//! Patterns that are compiled for a caller.
ghost use Rattle.std.specs.Prelude.{◌≡◌, IfOk, IfErr, OnOk, OnErr, chars};
ghost use Rattle.regress_meaning.specs.Flags.{options_of};
ghost use Rattle.regress_meaning.specs.TableParts.{TableParts as Parts, table_of};
ghost use Rattle.regress_front.specs.FlagWords.{options};
ghost use Rattle.regress_front.specs.TableViews.{table};
ghost use Rattle.regress.specs.declared.api.Regex.{Regex as RegexValue};
ghost use Rattle.regress.specs.Limited.{MayRefuseWithin};
ghost use Rattle.regress_calls.specs.Codes.{of_compile_error};
ghost use Rattle.regress_calls.specs.Compiling.{IsCompiled, MayRefuseFlags, MayRefuseCompile, MayRefusePoints, is_whole, meant, points_of_source};
ghost use Rattle.regress_calls.specs.Handles.{OfPattern, OfTables, content};

use crate::held::Held;
use crate::sharing::tables_in;
use crate::slot::Slot;
use crate::text::utf8;
use regress::{
    CompileError, Error, FlagError, Flags, Regex, Tables, syntax_error, syntax_error_in_units,
};
use regress_call_errors::CallError;
use std::alloc::{AllocError, Global};
use std::sync::Arc;

/// A pattern as a caller hands it in.
#[derive(Clone, Copy, Debug)]
pub enum Source<'p> {
    /// UTF-8; places are in bytes.
    Utf8(&'p str),
    /// 16-bit units, as script interpreters have them; places are in units.
    Units(&'p [u16]),
    /// UTF-8, of a pattern that is to match whole texts alone; places are in bytes.
    Whole(&'p str),
}

/// Why a pattern is not compiled.
#[derive(Clone, Debug, Drop)]
pub struct Refusal {
    /// Which error it is.
    pub error: CallError,
    /// Where reading stopped, in bytes or units of the pattern, for `Syntax`; where the letter stands in the flags, for an error
    /// of a flag; else 0.
    pub place: usize,
    /// What is wrong, in ASCII.
    pub text: &'static str,
}

impl Refusal {
    /// A refusal with the text that its error has.
    fn new(error: CallError, place: usize) -> Refusal
        ensures { result.error ≡ error }
    {
        Refusal {
            error,
            place,
            text: error.text(),
        }
    }
}

impl From<CallError> for Refusal {
    ghost use Rattle.std.specs.Prelude.{◌≡◌};

    ghost from_gives = { λ refused r. r.error ≡ refused };

    fn from(refused: CallError) -> Refusal {
        Refusal::new(refused, 0)
    }
}

/// The offset at which a letter stands in a word: that of the first, or of the second where it is repeated.
fn letter_place(letters: &str, letter: char, is_repeated: bool) -> usize {
    let mut before = 0;
    for (at, other) in letters.char_indices() {
        if other == letter && (before == 1 || !is_repeated) {
            return at;
        }
        if other == letter {
            before = 1;
        }
    }
    0
}

/// The flags that a word sets, or why it is none.
fn read_flags(letters: &str) -> Result<Flags, Refusal>
    ensures read { IfOk result (λ flags. options flags ≡ options_of (chars letters.now)) }
    ensures refused { IfErr result (λ e. MayRefuseFlags letters.now e.error) }
{
    match Flags::parse(letters) {
        Ok(script) => Ok(script.flags),
        Err(refused) => {
            let place = match &refused {
                FlagError::Unknown { letter } => letter_place(letters, *letter, false),
                FlagError::Repeated { letter } => letter_place(letters, *letter, true),
                FlagError::BothUnicodeModes => 0,
            };
            Err(Refusal::new(CallError::from(refused), place))
        }
    }
}

impl Source<'_> {
    /// Compiles it within a limit.
    fn compile(
        &self,
        alloc: Global,
        flags: Flags,
        tables: &Tables,
        limit: usize,
    ) -> Result<Regex, CompileError>
        ensures compiled { IfOk result (λ r. IsCompiled limit (is_whole self.now) (points_of_source self.now (options flags)) (table tables.now) (options flags) r) }
        ensures refused { IfErr result (MayRefuseWithin limit (meant (is_whole self.now)) (table tables.now) (options flags) (points_of_source self.now (options flags))) }
    {
        match self {
            Source::Utf8(text) => Regex::with_limit(alloc, text, flags, tables, limit),
            Source::Units(units) => {
                Regex::from_utf16_with_limit(alloc, units, flags, tables, limit)
            }
            Source::Whole(text) => Regex::whole_text_with_limit(alloc, text, flags, tables, limit),
        }
    }

    /// Where reading it stops, if it is no pattern: in bytes of a text, and in units.
    fn place(&self, alloc: Global, flags: Flags, tables: &Tables) -> Result<usize, Error> {
        let found = match self {
            Source::Utf8(text) | Source::Whole(text) => {
                syntax_error(alloc, text, flags, tables)?.map(|found| found.offset)
            }
            Source::Units(units) => {
                syntax_error_in_units(alloc, units, flags, tables)?.map(|found| found.unit_offset)
            }
        };
        Ok(found.unwrap_or(0))
    }
}

/// The refusal of a pattern that was not compiled, with its place. Where memory is refused while that is sought, it is 0.
fn refused(
    alloc: Global,
    source: &Source<'_>,
    flags: Flags,
    tables: &Tables,
    error: CompileError,
) -> Refusal
    ensures { result.error ≡ of_compile_error error }
{
    let CompileError::Pattern(Error::Syntax { text }) = error else {
        return Refusal::new(CallError::from(error), 0);
    };
    Refusal {
        error: CallError::Syntax,
        place: source.place(alloc, flags, tables).unwrap_or(0),
        text,
    }
}

/// The pattern that is compiled from a source, with flags and tables, within a limit.
fn compiled(
    alloc: Global,
    source: &Source<'_>,
    flags: Flags,
    tables: &Tables,
    limit: usize,
) -> Result<Box<Held>, Refusal>
    ensures compiled { IfOk result (λ held. (r : RegexValue) × (content (Some held.value) ≡ OfPattern r)
        × IsCompiled limit (is_whole source.now) (points_of_source source.now (options flags)) (table tables.now) (options flags) r) }
    ensures refused { IfErr result (λ e. MayRefusePoints limit (is_whole source.now) (table tables.now) (options flags) (points_of_source source.now (options flags)) e.error) }
{
    match source.compile(alloc, flags, tables, limit) {
        Ok(regex) => Ok(boxed(alloc, regex)?),
        Err(error) => Err(refused(alloc, source, flags, tables, error)),
    }
}

/// A pattern as it is held.
fn boxed(alloc: Global, regex: Regex) -> Result<Box<Held>, CallError>
    ensures held { IfOk result (λ held. content (Some held.value) ≡ OfPattern regex) }
    ensures refused { IfErr result (λ e. e ≡ CallError.OutOfMemory) }
{
    let shared = Arc::new(alloc, regex)?;
    let held = Box::new(alloc, Held::Pattern(shared))?;
    Ok(held)
}

/// Compiles a pattern ("RegExpInitialize") with the tables that a handle holds, and puts it into another. `letters` are flags as
/// ECMAScript has them. Neither program of it may have more instructions than the limit; `DEFAULT_LIMIT` is one for patterns of
/// strangers.
///
/// Refused as `WrongHandle` where no tables are held, as `NotUtf8` or an error of flags where the letters are no flags, as
/// `PastLimit` exactly where the pattern may have more instructions, and else as `Regex::with_flags` says.
pub fn compile(
    alloc: Global,
    source: Source<'_>,
    letters: &[u8],
    limit: usize,
    tables: &mut Slot,
    out: &mut Slot,
) -> Result<(), Refusal>
    ensures compiled { (ps : Parts) → content tables.old.held ≡ OfTables ps →
        OnOk result ((r : RegexValue) × (content out.new.held ≡ OfPattern r)
        × IsCompiled limit (is_whole source.entry) (points_of_source source.entry (options_of (chars letters.now))) (table_of ps) (options_of (chars letters.now)) r) }
    ensures kept { content tables.new.held ≡ content tables.old.held }
    ensures refused { IfErr result (λ e. MayRefuseCompile (content tables.old.held) limit (is_whole source.entry) (points_of_source source.entry) letters.now e.error) }
    ensures untouched { OnErr result (content out.new.held ≡ content out.old.held) }
{
    let known = tables_in(alloc, tables)?;
    let flags = read_flags(utf8(letters)?)?;
    match compiled(alloc, &source, flags, &known, limit) {
        Ok(held) => {
            out.put(alloc, held);
            Ok(())
        }
        Err(refused) => Err(refused),
    }
}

▸ Task
Among the entries above, find every line holding "stands" and copy it.

▸ Result of this task
    /// Where reading stopped, in bytes or units of the pattern, for `Syntax`; where the letter stands in the flags, for an error
/// The offset at which a letter stands in a word: that of the first, or of the second where it is repeated.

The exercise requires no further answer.